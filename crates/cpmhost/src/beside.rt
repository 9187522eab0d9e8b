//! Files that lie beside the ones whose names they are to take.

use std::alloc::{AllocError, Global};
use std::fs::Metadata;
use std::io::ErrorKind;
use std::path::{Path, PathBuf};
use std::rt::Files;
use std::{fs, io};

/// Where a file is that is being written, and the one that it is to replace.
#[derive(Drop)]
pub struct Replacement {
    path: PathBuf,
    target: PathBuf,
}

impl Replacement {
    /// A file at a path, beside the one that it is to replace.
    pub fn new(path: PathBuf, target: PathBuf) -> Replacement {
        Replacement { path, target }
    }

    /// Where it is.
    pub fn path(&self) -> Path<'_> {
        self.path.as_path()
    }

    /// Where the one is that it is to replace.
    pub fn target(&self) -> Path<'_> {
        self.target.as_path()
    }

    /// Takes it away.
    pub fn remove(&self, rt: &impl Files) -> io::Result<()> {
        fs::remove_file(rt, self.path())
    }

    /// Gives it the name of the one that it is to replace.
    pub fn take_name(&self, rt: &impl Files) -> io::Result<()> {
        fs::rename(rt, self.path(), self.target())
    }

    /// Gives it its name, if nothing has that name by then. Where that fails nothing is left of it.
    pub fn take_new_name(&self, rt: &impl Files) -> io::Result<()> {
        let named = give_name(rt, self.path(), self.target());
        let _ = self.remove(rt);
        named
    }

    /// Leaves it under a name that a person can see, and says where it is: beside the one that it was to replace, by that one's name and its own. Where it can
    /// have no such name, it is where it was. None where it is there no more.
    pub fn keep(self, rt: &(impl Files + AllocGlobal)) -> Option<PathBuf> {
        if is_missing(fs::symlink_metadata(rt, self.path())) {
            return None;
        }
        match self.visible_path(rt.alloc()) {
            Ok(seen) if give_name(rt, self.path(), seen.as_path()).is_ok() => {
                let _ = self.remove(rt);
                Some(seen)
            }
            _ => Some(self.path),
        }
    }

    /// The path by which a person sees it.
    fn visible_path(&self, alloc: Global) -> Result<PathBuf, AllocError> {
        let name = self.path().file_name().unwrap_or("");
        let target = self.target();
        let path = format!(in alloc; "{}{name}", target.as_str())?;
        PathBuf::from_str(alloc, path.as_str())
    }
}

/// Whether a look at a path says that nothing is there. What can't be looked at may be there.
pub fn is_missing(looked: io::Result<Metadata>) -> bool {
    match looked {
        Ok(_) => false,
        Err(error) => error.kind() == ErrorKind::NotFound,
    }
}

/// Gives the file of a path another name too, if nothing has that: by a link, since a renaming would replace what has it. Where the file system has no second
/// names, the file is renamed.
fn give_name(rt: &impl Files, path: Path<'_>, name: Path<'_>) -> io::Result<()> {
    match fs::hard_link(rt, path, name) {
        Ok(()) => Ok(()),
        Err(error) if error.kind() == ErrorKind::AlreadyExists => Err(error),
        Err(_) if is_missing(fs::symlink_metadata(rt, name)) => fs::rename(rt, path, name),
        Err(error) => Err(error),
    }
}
----------------
YOUR INSTRUCTIONS: Set down nothing but the lines from the one with "Err(_) if is_missing(fs::symlink_metadata(rt, name))" through the end of the records, keeping each line exactly as written and including both ends.

THE ANSWER:
        Err(_) if is_missing(fs::symlink_metadata(rt, name)) => fs::rename(rt, path, name),
        Err(error) => Err(error),
    }
}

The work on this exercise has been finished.